Problem details ▸
Pick the lines holding the string "sound" out of the records and copy them.

Given entries ▸
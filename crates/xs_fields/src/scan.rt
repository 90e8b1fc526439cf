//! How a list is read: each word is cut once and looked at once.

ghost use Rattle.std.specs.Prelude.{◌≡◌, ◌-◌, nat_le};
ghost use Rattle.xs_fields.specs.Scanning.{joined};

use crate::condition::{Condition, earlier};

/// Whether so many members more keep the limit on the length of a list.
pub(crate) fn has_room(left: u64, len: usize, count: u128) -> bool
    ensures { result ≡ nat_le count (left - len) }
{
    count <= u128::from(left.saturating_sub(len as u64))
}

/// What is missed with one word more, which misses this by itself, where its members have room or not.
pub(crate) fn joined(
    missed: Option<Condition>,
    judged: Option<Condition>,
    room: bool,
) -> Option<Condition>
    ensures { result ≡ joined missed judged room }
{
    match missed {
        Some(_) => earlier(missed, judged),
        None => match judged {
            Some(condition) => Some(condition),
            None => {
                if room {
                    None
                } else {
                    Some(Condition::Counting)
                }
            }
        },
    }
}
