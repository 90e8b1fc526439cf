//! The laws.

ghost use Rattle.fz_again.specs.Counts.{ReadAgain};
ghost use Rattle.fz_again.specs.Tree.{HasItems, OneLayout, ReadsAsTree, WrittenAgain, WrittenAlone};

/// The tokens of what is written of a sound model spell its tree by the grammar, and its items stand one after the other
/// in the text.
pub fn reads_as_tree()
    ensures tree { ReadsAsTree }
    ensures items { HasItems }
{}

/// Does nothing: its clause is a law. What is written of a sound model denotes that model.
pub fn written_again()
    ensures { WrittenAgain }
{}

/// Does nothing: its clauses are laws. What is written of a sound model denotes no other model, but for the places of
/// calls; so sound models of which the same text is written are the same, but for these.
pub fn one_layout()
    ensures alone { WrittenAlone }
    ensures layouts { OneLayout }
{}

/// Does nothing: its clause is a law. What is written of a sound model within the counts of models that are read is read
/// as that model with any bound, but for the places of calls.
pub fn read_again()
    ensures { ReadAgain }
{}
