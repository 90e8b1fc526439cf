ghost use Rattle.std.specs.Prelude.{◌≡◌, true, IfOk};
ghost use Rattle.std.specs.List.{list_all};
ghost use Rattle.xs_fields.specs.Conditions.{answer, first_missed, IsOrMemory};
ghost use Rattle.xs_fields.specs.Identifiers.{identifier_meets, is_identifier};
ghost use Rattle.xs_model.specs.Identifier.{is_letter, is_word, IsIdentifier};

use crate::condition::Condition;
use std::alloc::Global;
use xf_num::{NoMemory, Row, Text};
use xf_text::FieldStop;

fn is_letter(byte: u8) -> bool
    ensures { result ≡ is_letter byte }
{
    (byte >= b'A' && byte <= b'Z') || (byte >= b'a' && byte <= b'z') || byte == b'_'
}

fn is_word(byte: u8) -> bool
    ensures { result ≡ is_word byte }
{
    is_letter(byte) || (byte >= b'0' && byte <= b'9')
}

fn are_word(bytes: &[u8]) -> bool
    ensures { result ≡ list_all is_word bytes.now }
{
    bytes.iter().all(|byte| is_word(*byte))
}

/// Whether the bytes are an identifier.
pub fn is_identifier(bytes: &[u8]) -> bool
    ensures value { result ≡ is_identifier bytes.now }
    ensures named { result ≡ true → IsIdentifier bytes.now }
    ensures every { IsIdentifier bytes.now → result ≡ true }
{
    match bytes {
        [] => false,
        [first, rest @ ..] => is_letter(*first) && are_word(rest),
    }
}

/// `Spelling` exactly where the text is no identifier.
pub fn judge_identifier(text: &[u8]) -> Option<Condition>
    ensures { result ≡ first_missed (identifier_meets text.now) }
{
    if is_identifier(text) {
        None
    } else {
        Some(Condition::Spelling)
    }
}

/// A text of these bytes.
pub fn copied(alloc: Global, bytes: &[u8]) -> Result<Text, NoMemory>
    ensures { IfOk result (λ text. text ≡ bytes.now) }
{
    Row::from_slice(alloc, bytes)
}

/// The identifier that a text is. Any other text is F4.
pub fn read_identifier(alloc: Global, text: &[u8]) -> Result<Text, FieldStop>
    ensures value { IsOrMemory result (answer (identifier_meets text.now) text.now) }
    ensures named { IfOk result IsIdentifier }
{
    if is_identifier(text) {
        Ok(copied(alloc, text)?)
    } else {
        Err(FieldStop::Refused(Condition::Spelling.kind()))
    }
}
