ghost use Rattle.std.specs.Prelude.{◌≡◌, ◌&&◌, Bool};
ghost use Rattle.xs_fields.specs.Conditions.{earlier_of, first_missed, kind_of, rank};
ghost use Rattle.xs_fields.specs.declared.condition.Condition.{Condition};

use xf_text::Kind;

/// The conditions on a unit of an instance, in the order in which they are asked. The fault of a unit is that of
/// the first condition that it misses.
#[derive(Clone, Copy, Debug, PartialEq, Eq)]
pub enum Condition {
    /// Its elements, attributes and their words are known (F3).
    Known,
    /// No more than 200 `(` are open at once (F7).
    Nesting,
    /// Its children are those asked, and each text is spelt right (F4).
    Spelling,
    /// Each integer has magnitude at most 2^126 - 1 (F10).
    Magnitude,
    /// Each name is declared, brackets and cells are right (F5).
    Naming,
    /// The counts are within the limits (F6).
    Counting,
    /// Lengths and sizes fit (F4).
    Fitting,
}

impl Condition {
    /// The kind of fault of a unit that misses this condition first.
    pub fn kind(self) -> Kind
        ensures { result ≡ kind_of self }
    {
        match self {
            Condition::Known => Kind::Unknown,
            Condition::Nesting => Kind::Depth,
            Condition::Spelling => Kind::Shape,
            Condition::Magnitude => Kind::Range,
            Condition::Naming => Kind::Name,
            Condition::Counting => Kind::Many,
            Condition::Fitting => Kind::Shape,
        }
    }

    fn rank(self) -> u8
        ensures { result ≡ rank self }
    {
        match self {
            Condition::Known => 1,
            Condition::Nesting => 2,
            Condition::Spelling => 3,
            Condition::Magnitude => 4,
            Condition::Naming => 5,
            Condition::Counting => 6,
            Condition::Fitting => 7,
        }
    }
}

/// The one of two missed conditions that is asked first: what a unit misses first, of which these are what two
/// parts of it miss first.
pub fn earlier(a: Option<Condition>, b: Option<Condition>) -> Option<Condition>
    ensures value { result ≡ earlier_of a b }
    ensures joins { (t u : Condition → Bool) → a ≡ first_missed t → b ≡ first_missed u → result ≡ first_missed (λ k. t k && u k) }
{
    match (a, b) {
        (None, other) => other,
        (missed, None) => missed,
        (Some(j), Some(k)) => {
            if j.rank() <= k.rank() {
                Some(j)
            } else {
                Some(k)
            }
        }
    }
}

--

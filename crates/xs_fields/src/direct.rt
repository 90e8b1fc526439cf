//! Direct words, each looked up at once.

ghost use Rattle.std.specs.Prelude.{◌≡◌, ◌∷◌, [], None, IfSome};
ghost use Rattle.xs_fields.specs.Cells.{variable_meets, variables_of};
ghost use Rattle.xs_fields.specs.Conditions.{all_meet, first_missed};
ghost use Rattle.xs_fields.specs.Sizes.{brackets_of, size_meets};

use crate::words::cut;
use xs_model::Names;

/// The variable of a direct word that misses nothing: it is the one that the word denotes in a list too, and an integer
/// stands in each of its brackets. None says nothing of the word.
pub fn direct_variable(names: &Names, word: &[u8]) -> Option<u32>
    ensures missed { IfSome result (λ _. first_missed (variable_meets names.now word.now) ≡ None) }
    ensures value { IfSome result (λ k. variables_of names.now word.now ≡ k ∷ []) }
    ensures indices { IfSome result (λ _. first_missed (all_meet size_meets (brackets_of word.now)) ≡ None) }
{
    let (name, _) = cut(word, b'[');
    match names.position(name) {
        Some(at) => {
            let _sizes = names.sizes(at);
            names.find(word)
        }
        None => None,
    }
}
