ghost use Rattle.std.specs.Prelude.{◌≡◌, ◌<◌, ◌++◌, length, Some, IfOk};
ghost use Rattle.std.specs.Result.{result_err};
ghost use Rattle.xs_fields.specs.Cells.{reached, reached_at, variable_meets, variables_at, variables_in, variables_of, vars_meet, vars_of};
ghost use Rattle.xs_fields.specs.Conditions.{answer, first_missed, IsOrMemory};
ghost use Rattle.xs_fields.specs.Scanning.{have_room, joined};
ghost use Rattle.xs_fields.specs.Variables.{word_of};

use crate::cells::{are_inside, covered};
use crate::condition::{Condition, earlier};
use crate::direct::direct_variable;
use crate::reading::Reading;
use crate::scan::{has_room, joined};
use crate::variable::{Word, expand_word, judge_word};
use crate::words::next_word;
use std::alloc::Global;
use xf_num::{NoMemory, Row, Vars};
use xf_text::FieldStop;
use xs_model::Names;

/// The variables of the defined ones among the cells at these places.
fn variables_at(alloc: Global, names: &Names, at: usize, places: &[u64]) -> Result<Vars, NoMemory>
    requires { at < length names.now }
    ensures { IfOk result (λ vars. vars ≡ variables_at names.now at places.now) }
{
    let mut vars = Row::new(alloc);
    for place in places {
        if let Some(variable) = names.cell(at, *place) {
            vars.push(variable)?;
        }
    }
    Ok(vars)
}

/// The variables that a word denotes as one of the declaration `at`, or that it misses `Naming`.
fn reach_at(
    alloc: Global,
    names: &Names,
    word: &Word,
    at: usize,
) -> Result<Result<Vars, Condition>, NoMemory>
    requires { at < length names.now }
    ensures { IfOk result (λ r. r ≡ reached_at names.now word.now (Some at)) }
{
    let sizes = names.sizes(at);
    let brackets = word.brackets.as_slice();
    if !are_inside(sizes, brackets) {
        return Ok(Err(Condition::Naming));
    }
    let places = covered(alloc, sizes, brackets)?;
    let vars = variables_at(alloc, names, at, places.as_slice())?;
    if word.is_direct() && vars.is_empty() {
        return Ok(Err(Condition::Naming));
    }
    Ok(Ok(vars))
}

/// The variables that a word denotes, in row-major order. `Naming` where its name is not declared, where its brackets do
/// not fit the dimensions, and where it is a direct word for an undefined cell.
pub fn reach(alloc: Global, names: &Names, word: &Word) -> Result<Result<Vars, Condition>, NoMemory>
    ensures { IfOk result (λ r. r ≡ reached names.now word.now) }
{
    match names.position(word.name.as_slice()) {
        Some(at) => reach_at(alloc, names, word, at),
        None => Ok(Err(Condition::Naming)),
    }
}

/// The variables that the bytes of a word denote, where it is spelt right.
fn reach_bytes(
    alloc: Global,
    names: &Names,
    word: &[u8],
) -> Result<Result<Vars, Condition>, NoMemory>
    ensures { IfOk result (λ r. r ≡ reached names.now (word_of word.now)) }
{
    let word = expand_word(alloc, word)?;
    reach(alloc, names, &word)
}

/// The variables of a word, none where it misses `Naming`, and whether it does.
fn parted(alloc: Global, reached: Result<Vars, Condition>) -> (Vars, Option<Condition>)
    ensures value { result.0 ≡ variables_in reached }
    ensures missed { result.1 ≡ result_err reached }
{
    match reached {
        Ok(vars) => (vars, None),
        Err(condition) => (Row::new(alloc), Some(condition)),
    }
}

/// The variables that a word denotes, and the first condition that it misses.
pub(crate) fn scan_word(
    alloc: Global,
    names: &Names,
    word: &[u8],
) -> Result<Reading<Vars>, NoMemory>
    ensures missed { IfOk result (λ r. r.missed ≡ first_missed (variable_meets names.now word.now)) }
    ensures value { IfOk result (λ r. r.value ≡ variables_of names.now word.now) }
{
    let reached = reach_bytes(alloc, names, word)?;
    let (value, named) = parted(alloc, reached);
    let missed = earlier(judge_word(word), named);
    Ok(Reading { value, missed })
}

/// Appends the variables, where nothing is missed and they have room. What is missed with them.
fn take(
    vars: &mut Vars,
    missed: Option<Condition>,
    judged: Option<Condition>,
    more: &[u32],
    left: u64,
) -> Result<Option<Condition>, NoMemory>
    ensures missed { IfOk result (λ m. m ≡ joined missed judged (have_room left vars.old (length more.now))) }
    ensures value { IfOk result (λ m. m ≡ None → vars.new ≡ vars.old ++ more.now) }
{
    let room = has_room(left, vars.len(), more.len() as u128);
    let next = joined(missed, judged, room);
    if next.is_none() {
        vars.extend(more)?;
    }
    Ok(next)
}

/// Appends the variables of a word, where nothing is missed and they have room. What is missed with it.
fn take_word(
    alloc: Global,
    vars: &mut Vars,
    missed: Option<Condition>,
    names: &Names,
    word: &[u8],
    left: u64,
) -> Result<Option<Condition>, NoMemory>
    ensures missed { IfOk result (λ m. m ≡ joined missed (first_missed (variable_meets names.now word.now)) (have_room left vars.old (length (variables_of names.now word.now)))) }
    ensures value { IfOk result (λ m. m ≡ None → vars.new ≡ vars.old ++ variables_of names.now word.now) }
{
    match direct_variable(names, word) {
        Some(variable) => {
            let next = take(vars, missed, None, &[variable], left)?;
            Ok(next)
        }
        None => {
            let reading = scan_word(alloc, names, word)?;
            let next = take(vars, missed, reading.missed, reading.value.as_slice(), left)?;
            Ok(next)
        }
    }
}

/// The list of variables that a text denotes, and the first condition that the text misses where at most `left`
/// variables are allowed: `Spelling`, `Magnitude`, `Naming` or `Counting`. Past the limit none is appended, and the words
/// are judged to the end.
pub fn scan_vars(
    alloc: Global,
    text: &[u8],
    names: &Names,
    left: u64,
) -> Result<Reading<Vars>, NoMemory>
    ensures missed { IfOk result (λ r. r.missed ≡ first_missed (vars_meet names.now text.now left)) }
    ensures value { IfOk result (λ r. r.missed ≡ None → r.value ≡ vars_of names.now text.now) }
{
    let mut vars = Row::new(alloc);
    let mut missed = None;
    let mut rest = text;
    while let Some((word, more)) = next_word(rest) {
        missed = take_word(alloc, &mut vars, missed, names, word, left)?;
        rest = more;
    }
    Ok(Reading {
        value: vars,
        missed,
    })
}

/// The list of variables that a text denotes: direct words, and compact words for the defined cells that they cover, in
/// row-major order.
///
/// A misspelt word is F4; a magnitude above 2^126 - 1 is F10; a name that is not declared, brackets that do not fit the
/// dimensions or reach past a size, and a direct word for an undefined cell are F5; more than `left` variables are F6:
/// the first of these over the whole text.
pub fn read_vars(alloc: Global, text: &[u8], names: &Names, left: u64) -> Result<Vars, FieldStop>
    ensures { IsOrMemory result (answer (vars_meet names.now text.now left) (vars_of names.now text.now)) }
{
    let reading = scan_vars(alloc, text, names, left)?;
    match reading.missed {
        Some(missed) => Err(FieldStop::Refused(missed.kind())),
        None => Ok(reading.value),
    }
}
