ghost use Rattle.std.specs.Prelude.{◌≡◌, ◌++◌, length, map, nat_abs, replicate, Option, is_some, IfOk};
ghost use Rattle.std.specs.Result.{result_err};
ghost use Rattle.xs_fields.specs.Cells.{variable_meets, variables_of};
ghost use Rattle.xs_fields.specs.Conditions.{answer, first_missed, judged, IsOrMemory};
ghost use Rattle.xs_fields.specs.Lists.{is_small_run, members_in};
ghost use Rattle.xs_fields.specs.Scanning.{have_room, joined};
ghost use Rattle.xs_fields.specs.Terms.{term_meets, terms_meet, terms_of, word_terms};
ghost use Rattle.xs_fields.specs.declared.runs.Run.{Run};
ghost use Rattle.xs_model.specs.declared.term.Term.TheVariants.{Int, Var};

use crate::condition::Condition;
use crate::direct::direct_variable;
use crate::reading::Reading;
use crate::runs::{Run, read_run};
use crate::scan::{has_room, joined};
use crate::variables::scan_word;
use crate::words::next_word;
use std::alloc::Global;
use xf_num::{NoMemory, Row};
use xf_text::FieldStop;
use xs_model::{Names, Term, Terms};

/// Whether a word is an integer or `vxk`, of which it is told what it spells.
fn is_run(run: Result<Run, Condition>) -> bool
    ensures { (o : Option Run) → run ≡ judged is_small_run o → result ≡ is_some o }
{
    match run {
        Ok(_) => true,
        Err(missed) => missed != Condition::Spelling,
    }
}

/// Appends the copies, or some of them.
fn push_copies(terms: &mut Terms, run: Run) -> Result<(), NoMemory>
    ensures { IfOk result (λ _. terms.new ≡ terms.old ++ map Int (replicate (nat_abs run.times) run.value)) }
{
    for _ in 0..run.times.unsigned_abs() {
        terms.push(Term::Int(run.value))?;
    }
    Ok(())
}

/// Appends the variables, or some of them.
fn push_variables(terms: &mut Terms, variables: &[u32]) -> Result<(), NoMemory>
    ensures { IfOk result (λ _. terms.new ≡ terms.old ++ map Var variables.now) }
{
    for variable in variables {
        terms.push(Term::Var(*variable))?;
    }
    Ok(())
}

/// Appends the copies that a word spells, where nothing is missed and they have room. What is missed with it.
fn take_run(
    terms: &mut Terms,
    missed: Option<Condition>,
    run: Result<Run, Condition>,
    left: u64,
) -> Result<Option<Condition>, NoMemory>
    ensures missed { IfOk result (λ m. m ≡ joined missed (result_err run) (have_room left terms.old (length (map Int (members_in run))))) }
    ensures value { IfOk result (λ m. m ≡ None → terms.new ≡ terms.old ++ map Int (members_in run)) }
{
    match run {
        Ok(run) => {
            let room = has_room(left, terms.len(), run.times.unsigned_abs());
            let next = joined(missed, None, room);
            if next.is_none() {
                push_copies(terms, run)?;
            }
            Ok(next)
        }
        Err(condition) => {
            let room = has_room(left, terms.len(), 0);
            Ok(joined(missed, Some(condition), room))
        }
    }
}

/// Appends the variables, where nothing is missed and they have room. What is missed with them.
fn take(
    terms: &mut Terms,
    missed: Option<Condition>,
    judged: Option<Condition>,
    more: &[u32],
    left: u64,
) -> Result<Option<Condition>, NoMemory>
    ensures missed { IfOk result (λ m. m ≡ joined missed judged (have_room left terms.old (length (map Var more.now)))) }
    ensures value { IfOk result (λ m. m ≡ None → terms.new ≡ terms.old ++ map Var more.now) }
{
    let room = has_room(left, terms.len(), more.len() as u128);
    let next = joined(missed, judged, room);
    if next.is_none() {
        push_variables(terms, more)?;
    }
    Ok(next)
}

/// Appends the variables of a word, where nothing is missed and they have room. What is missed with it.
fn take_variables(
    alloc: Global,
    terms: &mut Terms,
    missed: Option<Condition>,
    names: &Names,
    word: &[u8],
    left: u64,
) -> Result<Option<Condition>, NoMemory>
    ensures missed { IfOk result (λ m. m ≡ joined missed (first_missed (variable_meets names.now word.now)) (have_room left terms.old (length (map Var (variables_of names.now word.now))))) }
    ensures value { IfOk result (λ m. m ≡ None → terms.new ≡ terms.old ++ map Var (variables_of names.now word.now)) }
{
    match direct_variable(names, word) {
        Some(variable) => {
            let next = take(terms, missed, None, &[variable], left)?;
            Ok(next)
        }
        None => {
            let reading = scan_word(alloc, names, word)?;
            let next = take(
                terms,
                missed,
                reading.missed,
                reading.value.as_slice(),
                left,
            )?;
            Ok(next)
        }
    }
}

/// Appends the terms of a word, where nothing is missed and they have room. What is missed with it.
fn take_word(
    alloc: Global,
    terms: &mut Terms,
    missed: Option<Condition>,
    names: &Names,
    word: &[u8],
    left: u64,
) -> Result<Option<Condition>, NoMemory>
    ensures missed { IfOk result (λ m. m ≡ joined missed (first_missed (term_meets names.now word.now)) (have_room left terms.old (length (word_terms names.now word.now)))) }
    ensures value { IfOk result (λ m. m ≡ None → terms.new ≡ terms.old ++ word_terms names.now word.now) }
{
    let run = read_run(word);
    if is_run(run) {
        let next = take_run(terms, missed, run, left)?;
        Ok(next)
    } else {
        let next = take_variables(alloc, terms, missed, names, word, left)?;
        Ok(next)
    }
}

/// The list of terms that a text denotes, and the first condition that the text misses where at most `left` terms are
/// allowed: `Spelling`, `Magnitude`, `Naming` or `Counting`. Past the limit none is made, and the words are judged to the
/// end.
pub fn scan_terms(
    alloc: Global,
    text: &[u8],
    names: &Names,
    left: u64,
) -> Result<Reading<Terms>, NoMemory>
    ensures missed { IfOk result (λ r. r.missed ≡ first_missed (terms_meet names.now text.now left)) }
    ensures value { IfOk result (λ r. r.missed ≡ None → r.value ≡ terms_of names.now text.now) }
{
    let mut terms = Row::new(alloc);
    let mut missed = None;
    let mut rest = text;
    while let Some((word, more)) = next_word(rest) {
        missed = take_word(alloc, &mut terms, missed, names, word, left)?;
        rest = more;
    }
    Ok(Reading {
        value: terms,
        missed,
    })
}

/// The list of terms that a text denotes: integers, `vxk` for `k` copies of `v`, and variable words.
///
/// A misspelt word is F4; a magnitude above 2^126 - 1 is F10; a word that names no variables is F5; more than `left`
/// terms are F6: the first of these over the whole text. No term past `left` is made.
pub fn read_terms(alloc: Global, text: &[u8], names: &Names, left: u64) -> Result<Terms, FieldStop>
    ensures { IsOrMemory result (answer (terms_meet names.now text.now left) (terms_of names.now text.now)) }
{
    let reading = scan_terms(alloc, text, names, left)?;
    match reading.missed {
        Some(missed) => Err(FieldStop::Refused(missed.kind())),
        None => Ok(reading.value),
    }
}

* * *

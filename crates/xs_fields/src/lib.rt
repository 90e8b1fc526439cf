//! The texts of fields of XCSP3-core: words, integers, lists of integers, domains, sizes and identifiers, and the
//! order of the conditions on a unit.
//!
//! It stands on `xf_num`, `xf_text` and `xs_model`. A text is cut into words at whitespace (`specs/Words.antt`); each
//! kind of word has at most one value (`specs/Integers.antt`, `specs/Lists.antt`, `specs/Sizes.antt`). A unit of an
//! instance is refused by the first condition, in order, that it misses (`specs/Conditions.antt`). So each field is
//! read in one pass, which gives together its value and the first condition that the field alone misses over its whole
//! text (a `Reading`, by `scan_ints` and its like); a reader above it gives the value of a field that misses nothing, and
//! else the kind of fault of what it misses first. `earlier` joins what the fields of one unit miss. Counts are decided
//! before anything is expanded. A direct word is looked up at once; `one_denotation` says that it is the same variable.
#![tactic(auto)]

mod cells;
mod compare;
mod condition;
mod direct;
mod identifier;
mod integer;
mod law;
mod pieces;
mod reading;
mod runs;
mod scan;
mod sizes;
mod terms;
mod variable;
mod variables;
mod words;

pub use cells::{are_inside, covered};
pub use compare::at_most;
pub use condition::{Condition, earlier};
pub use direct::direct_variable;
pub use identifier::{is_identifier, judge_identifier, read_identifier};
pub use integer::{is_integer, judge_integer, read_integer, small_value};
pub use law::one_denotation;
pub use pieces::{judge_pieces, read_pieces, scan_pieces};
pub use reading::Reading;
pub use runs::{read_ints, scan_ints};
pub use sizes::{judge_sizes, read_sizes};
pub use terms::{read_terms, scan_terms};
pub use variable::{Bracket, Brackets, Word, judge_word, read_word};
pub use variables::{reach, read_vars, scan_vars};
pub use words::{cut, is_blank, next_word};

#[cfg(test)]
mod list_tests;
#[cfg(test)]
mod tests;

Exercise answer ▸
/// The tokens of what is written of a sound model spell its tree by the grammar, and its items stand one after the other
/// Does nothing: its clause is a law. What is written of a sound model denotes that model.
/// Does nothing: its clauses are laws. What is written of a sound model denotes no other model, but for the places of
/// calls; so sound models of which the same text is written are the same, but for these.
/// Does nothing: its clause is a law. What is written of a sound model within the counts of models that are read is read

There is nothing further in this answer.